Saved entries:
========================================================================

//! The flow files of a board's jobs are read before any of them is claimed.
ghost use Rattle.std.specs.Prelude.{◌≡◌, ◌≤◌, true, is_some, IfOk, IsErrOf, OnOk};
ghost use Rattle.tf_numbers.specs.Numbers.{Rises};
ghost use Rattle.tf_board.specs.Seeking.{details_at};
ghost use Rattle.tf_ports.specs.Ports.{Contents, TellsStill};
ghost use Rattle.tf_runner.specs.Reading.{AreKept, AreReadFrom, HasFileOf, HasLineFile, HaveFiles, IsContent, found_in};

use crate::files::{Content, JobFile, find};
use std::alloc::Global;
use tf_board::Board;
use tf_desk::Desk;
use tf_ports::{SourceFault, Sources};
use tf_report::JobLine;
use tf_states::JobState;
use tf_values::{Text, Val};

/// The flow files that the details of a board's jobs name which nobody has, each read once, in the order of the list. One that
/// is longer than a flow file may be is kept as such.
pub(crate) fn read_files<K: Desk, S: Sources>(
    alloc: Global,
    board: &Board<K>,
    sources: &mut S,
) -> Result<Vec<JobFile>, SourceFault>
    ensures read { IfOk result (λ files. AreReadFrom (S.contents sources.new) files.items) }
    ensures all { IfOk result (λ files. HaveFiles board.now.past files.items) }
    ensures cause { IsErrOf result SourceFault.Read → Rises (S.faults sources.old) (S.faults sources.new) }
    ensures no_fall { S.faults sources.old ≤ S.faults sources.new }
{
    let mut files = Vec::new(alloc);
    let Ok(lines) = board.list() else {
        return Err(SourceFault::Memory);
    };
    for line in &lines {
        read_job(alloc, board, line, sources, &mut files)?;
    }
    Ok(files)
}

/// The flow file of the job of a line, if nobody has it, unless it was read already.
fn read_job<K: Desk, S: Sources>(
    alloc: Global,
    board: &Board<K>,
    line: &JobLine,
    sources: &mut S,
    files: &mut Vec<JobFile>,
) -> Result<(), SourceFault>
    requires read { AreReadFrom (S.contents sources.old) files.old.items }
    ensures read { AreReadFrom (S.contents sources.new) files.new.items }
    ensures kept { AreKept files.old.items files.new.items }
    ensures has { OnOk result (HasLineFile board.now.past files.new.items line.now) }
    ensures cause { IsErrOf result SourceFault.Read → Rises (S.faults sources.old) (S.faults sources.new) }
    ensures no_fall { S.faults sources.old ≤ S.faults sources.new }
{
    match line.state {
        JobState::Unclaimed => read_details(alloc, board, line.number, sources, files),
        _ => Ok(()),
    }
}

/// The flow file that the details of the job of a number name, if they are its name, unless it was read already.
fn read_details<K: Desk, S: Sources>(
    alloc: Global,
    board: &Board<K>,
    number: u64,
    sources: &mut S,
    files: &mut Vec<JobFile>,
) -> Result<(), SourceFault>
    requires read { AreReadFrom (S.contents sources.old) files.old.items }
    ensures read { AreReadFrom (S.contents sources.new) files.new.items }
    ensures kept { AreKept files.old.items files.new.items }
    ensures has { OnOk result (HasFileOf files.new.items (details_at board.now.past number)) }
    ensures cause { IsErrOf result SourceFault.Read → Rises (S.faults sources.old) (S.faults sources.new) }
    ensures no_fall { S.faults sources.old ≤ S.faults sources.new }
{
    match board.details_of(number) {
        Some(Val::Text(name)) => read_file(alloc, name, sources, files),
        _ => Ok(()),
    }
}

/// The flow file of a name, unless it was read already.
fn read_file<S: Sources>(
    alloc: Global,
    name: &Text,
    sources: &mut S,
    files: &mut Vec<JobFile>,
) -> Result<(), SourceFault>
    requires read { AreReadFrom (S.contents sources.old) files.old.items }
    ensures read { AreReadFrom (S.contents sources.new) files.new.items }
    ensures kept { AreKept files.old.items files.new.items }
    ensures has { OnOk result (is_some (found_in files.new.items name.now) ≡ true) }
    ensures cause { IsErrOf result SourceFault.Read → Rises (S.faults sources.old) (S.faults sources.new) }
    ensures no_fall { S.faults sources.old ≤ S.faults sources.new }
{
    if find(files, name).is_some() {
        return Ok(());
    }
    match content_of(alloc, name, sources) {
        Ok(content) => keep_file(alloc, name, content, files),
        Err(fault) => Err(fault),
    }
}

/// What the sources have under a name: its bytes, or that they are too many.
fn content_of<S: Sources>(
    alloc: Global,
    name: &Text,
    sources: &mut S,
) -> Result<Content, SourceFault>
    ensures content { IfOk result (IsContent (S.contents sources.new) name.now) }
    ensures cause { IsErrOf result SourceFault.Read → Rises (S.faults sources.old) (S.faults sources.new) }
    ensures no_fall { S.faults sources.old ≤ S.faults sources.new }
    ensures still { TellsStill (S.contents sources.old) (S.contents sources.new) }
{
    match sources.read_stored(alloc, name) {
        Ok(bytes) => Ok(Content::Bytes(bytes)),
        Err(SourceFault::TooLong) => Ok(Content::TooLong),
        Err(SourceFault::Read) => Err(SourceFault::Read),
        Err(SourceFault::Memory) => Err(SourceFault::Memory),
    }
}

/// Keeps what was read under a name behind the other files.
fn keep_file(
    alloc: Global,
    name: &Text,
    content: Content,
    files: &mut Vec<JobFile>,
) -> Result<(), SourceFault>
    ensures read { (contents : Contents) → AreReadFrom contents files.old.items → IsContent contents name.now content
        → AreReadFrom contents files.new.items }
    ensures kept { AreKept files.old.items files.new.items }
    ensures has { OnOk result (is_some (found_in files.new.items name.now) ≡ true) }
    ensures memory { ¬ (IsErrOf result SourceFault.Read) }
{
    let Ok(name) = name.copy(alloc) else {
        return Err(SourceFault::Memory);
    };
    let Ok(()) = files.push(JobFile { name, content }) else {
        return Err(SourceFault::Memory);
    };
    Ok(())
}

========================================================================

◆ WHAT YOU ARE ASKED TO DO
What you give back must be the stretch above, starting at the line with "list. One that" and ending at the line with "(λ files. HaveFiles", copied exactly.

◆ WRITTEN SOLUTION
/// The flow files that the details of a board's jobs name which nobody has, each read once, in the order of the list. One that
/// is longer than a flow file may be is kept as such.
pub(crate) fn read_files<K: Desk, S: Sources>(
    alloc: Global,
    board: &Board<K>,
    sources: &mut S,
) -> Result<Vec<JobFile>, SourceFault>
    ensures read { IfOk result (λ files. AreReadFrom (S.contents sources.new) files.items) }
    ensures all { IfOk result (λ files. HaveFiles board.now.past files.items) }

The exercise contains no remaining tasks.